My older brother, having zero interest in anything, wanted to toss everything in the dumpsters. While I hired a truck to cart furniture and boxes back to my home — where it would soon be repacked for my own move — my brother left our parents’ house with half a shoebox of memorabilia.

This dining room table had been the center of my family life for over 60 years. Nearly every person of note in my life had sat there at some point, and every marker of my life had meant a meal served there. It was also the place that our family played Bingo, collaborated on school projects, and traded high-stakes real estate on our well-worn Monopoly board.

It was also the table where my mom sat late into the night, fretting over bills, enveloped in a plume of cigarette smoke. For 55 years, she had protected that table with heavy table pads and linen tablecloths so that now the bare wood, with nary a scratch, belied its age.

At the zero hour, it was sold for the price of a Starbucks Grande Latte. I never got to see what was not sold, as that was whisked away by our professional tag sale service before I could survey the leftovers.

When it came time to sell off my own precious possessions that would not fit in my new home, I needed my experience to be different. Although I, too, held a tag sale — suffering the indignity of strangers traipsing through my home, picking over the remains of my life — I made sure that whatever was not sold would be left in the house for me to donate or sell online.

Selling goods online was time-consuming, but I was not prepared for how I would feel when I recently had to say goodbye to the antique mahogany chairs that had graced my dining room table for 20 years. Like my childhood dining room table, this one tugged at my heart.

We all know that line from Sigmund Freud: “Sometimes a cigar is just a cigar.” But as New York psychologist Sara Glass explained to me, “If that cigar is attached to memories of a loved one, the scent of an experience we have had, then it may be much more than a physical object. The most mundane of items can take on the meaning that becomes lodged in our sympathetic nervous system or in our psyches.”

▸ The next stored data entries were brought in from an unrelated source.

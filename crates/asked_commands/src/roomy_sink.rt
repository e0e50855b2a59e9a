//! A sink in memory that fails only where it is full.

ghost use Rattle.std.specs.Prelude.{◌≡◌, ◌<◌, Some, [], length, IfOk};
ghost use Rattle.ddm_outside.specs.Causes.{HasCause};
ghost use Rattle.ddm_outside.specs.Telling.{WritesTold};
ghost use Rattle.asked_commands.specs.Room.{FailsWhereFull};

use crate::answers::ROOM;
use crate::of_ddm_outside::{Failed, MemorySink, Sink};
use crate::of_ddm_types::NoMemory;
use std::alloc::Global;

/// A sink in memory of 1 MiB, no write to which fails while there is room. So a count of failures that rose says that it is full.
#[derive(Drop)]
pub struct RoomySink {
    sink: MemorySink,
    ghost full: { FailsWhereFull sink },
}

impl RoomySink {
    ghost use Rattle.asked_commands.specs.Asked.{held_of};

    /// A sink that holds nothing yet. It takes memory for its room here, and none later.
    pub fn new(alloc: Global) -> Result<RoomySink, NoMemory>
        ensures empty { IfOk result (λ out. held_of out ≡ []) }
    {
        Ok(RoomySink {
            sink: MemorySink::new(alloc, ROOM, ROOM, Vec::new(alloc))?,
        })
    }

    /// All bytes that it has taken.
    pub fn bytes(&self) -> &[u8]
        ensures { result.now ≡ held_of self.now }
    {
        self.sink.bytes()
    }
}

impl Sink for RoomySink {
    ghost use Rattle.asked_commands.specs.Asked.{failures_of, held_of};

    ghost held = { λ out. Some (held_of out) };

    ghost faults = { failures_of };

    fn write(&mut self, bytes: &[u8]) -> Result<usize, Failed>
        requires { 0 < length bytes.now }
        ensures took { WritesTold (Some (held_of self.old)) (Some (held_of self.new)) bytes.now result }
        ensures cause { HasCause (failures_of self.old) (failures_of self.new) result }
    {
        self.sink.write(bytes)
    }
}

Not mere utilitarian furniture to me, the chairs were the seat of so many, many memories. These were the chairs that my mother had sat in, smiling at me adoringly and at the well-set table decked with family heirlooms. My father regaled us with stories and toasts in those seats, and my niece and nephew grew up with them, starting with booster seats.

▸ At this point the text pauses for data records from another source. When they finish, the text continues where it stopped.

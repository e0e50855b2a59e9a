//! What this crate and those above it name of `ddm_text`.

pub use ddm_cli::of_ddm_text::Text;
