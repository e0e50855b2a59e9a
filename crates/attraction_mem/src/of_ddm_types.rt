//! What this crate and those above it name of `ddm_types`.

pub use ddm_types::{
    BusNo, BusyCause, Code, HaltCause, HartNo, Hold, ItemId, Items, Key, LeafNo, LeafState,
    NoMemory, Op, PendingWhy, QueueName, Stamp, Start, TreeSizes, TurnAnswer, TxKind, Words,
};
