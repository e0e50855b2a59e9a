//! What this crate and those above it name of `witness_check`.

pub use ddm_cli::of_witness_check::check;
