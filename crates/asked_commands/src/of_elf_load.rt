//! What this crate and those above it name of `elf_load`.

pub use ddm_cli::of_elf_load::{Segment, load, write_image};
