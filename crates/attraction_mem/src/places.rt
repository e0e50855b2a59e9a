//! The ways of a set: which is an item's, and which is free.

ghost use Rattle.std.specs.Prelude.{◌≡◌, ◌+◌, ◌*◌, ◌%◌, ◌<◌, ◌≤◌, length, None, IfSome, IfNone, slice_index_or};
ghost use Rattle.attraction_mem.specs.Places.{IsSized, HasTag, HasNoTag, AreTaken, is_of};

use ddm_types::{Divisor, ItemId, LeafState};

/// The place of way 0 of the item's set.
#[tactic(auto, using(crate::proofs::Sizes::row_fits, crate::proofs::Sizes::small_product))]
pub fn first_place<const WAYS: usize>(sets: &Divisor, item: ItemId) -> usize
    requires { IsSized WAYS sets.now (sets.now * WAYS) }
    ensures place { result ≡ item % sets.now * WAYS }
    ensures fits { result + WAYS ≤ sets.now * WAYS }
    ensures few { sets.now * WAYS ≤ 16384 }
{
    sets.remainder(item.0) as usize * WAYS
}

/// Whether the tag is the item's.
#[inline(always)]
fn is_of(tag: Option<(ItemId, LeafState)>, item: ItemId) -> bool
    ensures { result ≡ is_of tag item }
{
    match tag {
        Some((held, _)) => held.0 == item.0,
        None => false,
    }
}

/// The place of the item's tag, and its state. All ways are looked at, and the one is chosen without a branch: in which way an item
/// stands can't be foreseen.
#[inline(always)]
pub fn find_tag<const WAYS: usize>(
    sets: &Divisor,
    tags: &[Option<(ItemId, LeafState)>],
    item: ItemId,
) -> Option<(usize, LeafState)>
    requires { IsSized WAYS sets.now (length tags.now) }
    ensures found { IfSome result (λ at. HasTag tags.now at.0 item at.1) }
    ensures exists { IfSome result (λ at. at.0 < length tags.now) }
    ensures absent { IfNone result (HasNoTag tags.now (item % sets.now * WAYS) WAYS item) }
{
    let first = first_place::<WAYS>(sets, item);
    let mut found = WAYS;
    for way in 0..WAYS {
        found = if is_of(tags[first + way], item) {
            way
        } else {
            found
        };
    }
    if found == WAYS {
        return None;
    }
    let place = first + found;
    let (_, state) = tags[place]?;
    Some((place, state))
}

/// The lowest free way of the item's set.
pub fn find_free<const WAYS: usize>(
    sets: &Divisor,
    tags: &[Option<(ItemId, LeafState)>],
    item: ItemId,
) -> Option<usize>
    requires { IsSized WAYS sets.now (length tags.now) }
    ensures exists { IfSome result (λ way. way < WAYS) }
    ensures free { IfSome result (λ way. slice_index_or tags.now (item % sets.now * WAYS + way) None ≡ None) }
    ensures lower { IfSome result (AreTaken tags.now (item % sets.now * WAYS)) }
    ensures full { IfNone result (AreTaken tags.now (item % sets.now * WAYS) WAYS) }
{
    let first = first_place::<WAYS>(sets, item);
    for way in 0..WAYS {
        if tags[first + way].is_none() {
            return Some(way);
        }
    }
    None
}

Though the gold silk upholstered cushions were always wiped clean, they still bear the faintest remnants of good times past that may be visible only to me. More tangible evidence exists in the faded wine stains of boozy dinner parties with friends that ran late into the night.

It might take a magnifying glass, but the tiniest hint of chocolate from a special Mother’s Day cake is still visible to me. And while a golden drop of roasted pumpkin soup from a Thanksgiving meal is almost imperceptible, the memory is vivid.

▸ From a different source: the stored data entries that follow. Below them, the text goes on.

//! Images, trees and schedules for tests.

ghost use Rattle.std.specs.Prelude.{◌≤◌, All, IfOk, length};
ghost use Rattle.asked_commands.specs.ElfLoad.ImageRule.{FitsMemory};
ghost use Rattle.asked_commands.specs.Short.{IsShort};

use crate::of_elf_load::{Segment, write_image};
use std::alloc::Global;
use std::test::Fail;

/// Where the code and the data of these images begin.
const CODE: u32 = 0x1_0000;

pub const DATA: u32 = 0x2_0000;

/// The flags of a segment: executable and readable, or writable and readable.
const EXECUTABLE: u32 = 5;

pub const WRITABLE: u32 = 6;

/// The files that a command names.
#[derive(Drop)]
pub struct Files {
    pub tree: Vec<u8>,
    pub image: Vec<u8>,
    pub schedule: Vec<u8>,
}

/// What a tree file says.
#[derive(Clone, Copy)]
pub struct TreeFile {
    pub shape: &'static str,
    pub ways: u32,
    pub sets: u32,
    pub buffer: u32,
    pub parking: u32,
    pub down: u32,
    pub requests: u32,
    pub replies: u32,
    pub stack_base: u32,
    pub stack_bytes: u32,
    pub item_bytes: u32,
}

/// A tree of this shape with these numbers of ways, sets and places in buffers and parkings, with lists of 16 entries, no stacks, and
/// items of 16 bytes.
pub fn tree(shape: &'static str, numbers: [u32; 4]) -> TreeFile {
    let [ways, sets, buffer, parking] = numbers;
    TreeFile {
        shape,
        ways,
        sets,
        buffer,
        parking,
        down: 16,
        requests: 16,
        replies: 16,
        stack_base: 196_608,
        stack_bytes: 0,
        item_bytes: 16,
    }
}

/// A leaf of four ways and a stack of 16 bytes.
pub fn one_leaf() -> TreeFile {
    TreeFile {
        stack_bytes: 16,
        ..tree("(L)", [4, 1, 1, 1])
    }
}

impl TreeFile {
    /// The bytes of the file. It says nothing of items of 16 bytes.
    pub fn bytes(&self, alloc: Global) -> Result<Vec<u8>, Fail> {
        let numbers = [
            ("ways", self.ways),
            ("sets", self.sets),
            ("buffer", self.buffer),
            ("parking", self.parking),
            ("down", self.down),
            ("requests", self.requests),
            ("replies", self.replies),
            ("stack_base", self.stack_base),
            ("stack_bytes", self.stack_bytes),
        ];
        let mut text = format!(in alloc; "shape = \"{}\"\n", self.shape)?;
        for (key, number) in numbers {
            text.push_str(&format!(in alloc; "{key} = {number}\n")?)?;
        }
        if self.item_bytes != 16 {
            text.push_str(&format!(in alloc; "item_bytes = {}\n", self.item_bytes)?)?;
        }
        Ok(text.into_bytes())
    }
}

/// These words, the lowest byte of each first.
fn bytes_of(alloc: Global, words: &[u32]) -> Result<Vec<u8>, Fail> {
    let mut bytes = Vec::new(alloc);
    for word in words {
        bytes.extend_from_slice(&word.to_le_bytes())?;
    }
    Ok(bytes)
}

/// A segment with these words at its front, in at least so many bytes of memory.
pub fn segment(
    alloc: Global,
    vaddr: u32,
    flags: u32,
    words: &[u32],
    memory: u32,
) -> Result<Segment, Fail>
    ensures fits { IfOk result (λ segment. FitsMemory segment) }
    ensures short { IfOk result (λ segment. IsShort segment) }
{
    let bytes = bytes_of(alloc, words)?;
    let length = bytes.len();
    if length > 4096 {
        return Err(Fail::new("a segment of a test is short"));
    }
    Ok(Segment {
        header: 0,
        vaddr,
        flags,
        bytes,
        memsz: memory.max(length as u32),
    })
}

/// The segment of this code.
pub fn code_segment(alloc: Global, code: &[u32]) -> Result<Segment, Fail>
    ensures fits { IfOk result (λ segment. FitsMemory segment) }
    ensures short { IfOk result (λ segment. IsShort segment) }
{
    segment(alloc, CODE, EXECUTABLE, code, 0)
}

/// An image of these segments, which begins with the first word of the code.
#[tactic(auto, using(crate::proofs::Short::short_images))]
pub fn image_of(alloc: Global, segments: &[Segment]) -> Result<Vec<u8>, Fail>
    requires few { length segments.now ≤ 64 }
    requires fits { All FitsMemory segments.now }
    requires short { All IsShort segments.now }
{
    Ok(write_image(alloc, CODE, segments)?)
}

/// An image of this code, and of data with these words at its front and so many bytes of memory.
pub fn image(alloc: Global, code: &[u32], data: &[u32], memory: u32) -> Result<Vec<u8>, Fail> {
    let segments = [
        code_segment(alloc, code)?,
        segment(alloc, DATA, WRITABLE, data, memory)?,
    ];
    image_of(alloc, &segments)
}

/// Stores 7 at the front of the data, loads it back and exits with it.
pub fn store_and_load(alloc: Global) -> Result<Vec<u8>, Fail> {
    let code = [
        0x000202b7, // lui x5,0x20
        0x00700313, // addi x6,x0,7
        0x0062a023, // sw x6,0(x5)
        0x0002a383, // lw x7,0(x5)
        0x05d00893, // addi x17,x0,93
        0x00038513, // addi x10,x7,0
        0x00000073, // ecall
    ];
    image(alloc, &code, &[], 16)
}

/// The report of `store_and_load` after its eight turns.
pub const STORED_AND_LOADED: &[&str] = &[
    "ddm 1",
    "turns 8 retired 6 granted 0 busy 0",
    "hart 0 exit 7 pc 00010018 done 6",
    "regs 0 00000000 00030010 00000000 00000000 00020000 00000007 00000007 00000000 00000000 00000007 \
    00000001 00000000 00000000 00000000 00000000 00000000 0000005d 00000000 00000000 00000000 00000000 \
    00000000 00000000 00000000 00000000 00000000 00000000 00000000 00000000 00000000 00000000",
    "out 0 -",
    "bus 0 read 0 data 0 erase 0 exclusive 0 out 0 inject 0",
    "item 0 00010000 000202b7 00700313 0062a023 0002a383 leaf 0 way 0 E",
    "item 1 00010010 05d00893 00038513 00000073 00000000 leaf 0 way 1 E",
    "item 2 00020000 00000007 00000000 00000000 00000000 leaf 0 way 2 E",
    "item 3 00030000 00000000 00000000 00000000 00000000 leaf 0 way 3 E",
    "op 0 0.0.0 00010000 plain",
    "op 0 0.0.1 00010004 plain",
    "op 0 0.0.2 00010008 store 00020000 00000000 00000007",
    "op 0 0.0.3 0001000c load 00020000 00000007",
    "op 0 0.0.4 00010010 plain",
    "op 0 0.0.5 00010014 plain",
    "end",
];

/// Loads the word at the front of the data, which is 5, and asks to exit.
pub fn load_and_exit(alloc: Global) -> Result<Vec<u8>, Fail> {
    let code = [
        0x000202b7, // lui x5,0x20
        0x0002a383, // lw x7,0(x5)
        0x05d00893, // addi x17,x0,93
        0x00000073, // ecall
    ];
    image(alloc, &code, &[5], 16)
}

/// Loads the word at the front of the data, which is 5, and then the first word of the code.
pub fn load_two_words(alloc: Global) -> Result<Vec<u8>, Fail> {
    let code = [
        0x000202b7, // lui x5,0x20
        0x0002a383, // lw x7,0(x5)
        0x00010337, // lui x6,0x10
        0x00032403, // lw x8,0(x6)
    ];
    image(alloc, &code, &[5], 16)
}

/// Adds one to the word at the front of the data, a hundred times, and asks to exit.
pub fn add_to_one_word(alloc: Global) -> Result<Vec<u8>, Fail> {
    let code = [
        0x000202b7, // lui x5,0x20
        0x06400313, // addi x6,x0,100
        0x00100393, // addi x7,x0,1
        0x0072a42f, // amoadd.w x8,x7,(x5)
        0xfff30313, // addi x6,x6,-1
        0xfe031ce3, // bne x6,x0,-8
        0x05d00893, // addi x17,x0,93
        0x00000073, // ecall
    ];
    image(alloc, &code, &[], 16)
}

/// Hart 0 stores to the word at 0x20000 and then to the flag at 0x20010. Another hart reads the word, reads it once more, and then
/// the flag.
pub fn word_and_flag(alloc: Global) -> Result<Vec<u8>, Fail> {
    let code = [
        0x000202b7, // lui x5,0x20
        0x0002a383, // lw x7,0(x5)
        0x00050863, // beq x10,x0,16: hart 0 goes on with its stores
        0x0002a403, // lw x8,0(x5)
        0x0102a483, // lw x9,16(x5)
        0x0002a603, // lw x12,0(x5)
        0x00b2a023, // sw x11,0(x5)
        0x00b2a823, // sw x11,16(x5)
    ];
    image(alloc, &code, &[5], 32)
}

/// The file with other bytes at a place.
pub fn changed(alloc: Global, file: &[u8], place: usize, bytes: &[u8]) -> Result<Vec<u8>, Fail> {
    if place > file.len() || bytes.len() > file.len() - place {
        return Err(Fail::new("a change lies in the file"));
    }
    let mut file = file.to_vec(alloc)?;
    file[place..place + bytes.len()].copy_from_slice(bytes);
    Ok(file)
}

/// The text of these lines.
pub fn text_of(alloc: Global, lines: &[&str]) -> Result<Vec<u8>, Fail> {
    let mut text = Vec::new(alloc);
    for line in lines {
        text.extend_from_slice(line.as_bytes())?;
        text.push(b'\n')?;
    }
    Ok(text)
}

/// The schedule of these turns, so many times over.
pub fn schedule(alloc: Global, turns: &[&str], times: u32) -> Result<Vec<u8>, Fail> {
    let round = text_of(alloc, turns)?;
    let mut text = Vec::new(alloc);
    for number in 0..times {
        let _ = number;
        text.extend_from_slice(&round)?;
    }
    text.extend_from_slice(b"end\n")?;
    Ok(text)
}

It was in one of those chairs that I sat, alone, in the dining room after I buried my parents while the crush of the shiva went on in other rooms.

The chairs are gone now — but not discarded. They had been listed online for months but had drawn scant interest. Not unlike my parents’ dining room table, they were the dreaded “brown wood” nobody wanted. Then, unexpectedly, I was contacted by a woman who messaged me that these were exactly the chairs she was looking for. Please, she begged, hold them for me. The gratification of knowing these were objects that would be cherished was priceless.

When she came to get the chairs with her mother, I learned that this 40-something woman named Jill had gone through her own recent challenges. Divorced at the height of the pandemic, she was trying to rebuild her life with her two sons in a new house in a new town. Her mother had lost her husband a month earlier. Now they would share a home together in a life neither expected.

Jill, it seems, had a table she loved but no chairs, and longed to have seating to entertain. My hope for her is that these chairs will be filled with friends and family, love, and laughter — as they were for me. Given the sparkle and tears in her eyes, which matched my own, I have no doubt they will be. The gratification of knowing these objects had found a second loving home was priceless. I sold the chairs. I kept the memories.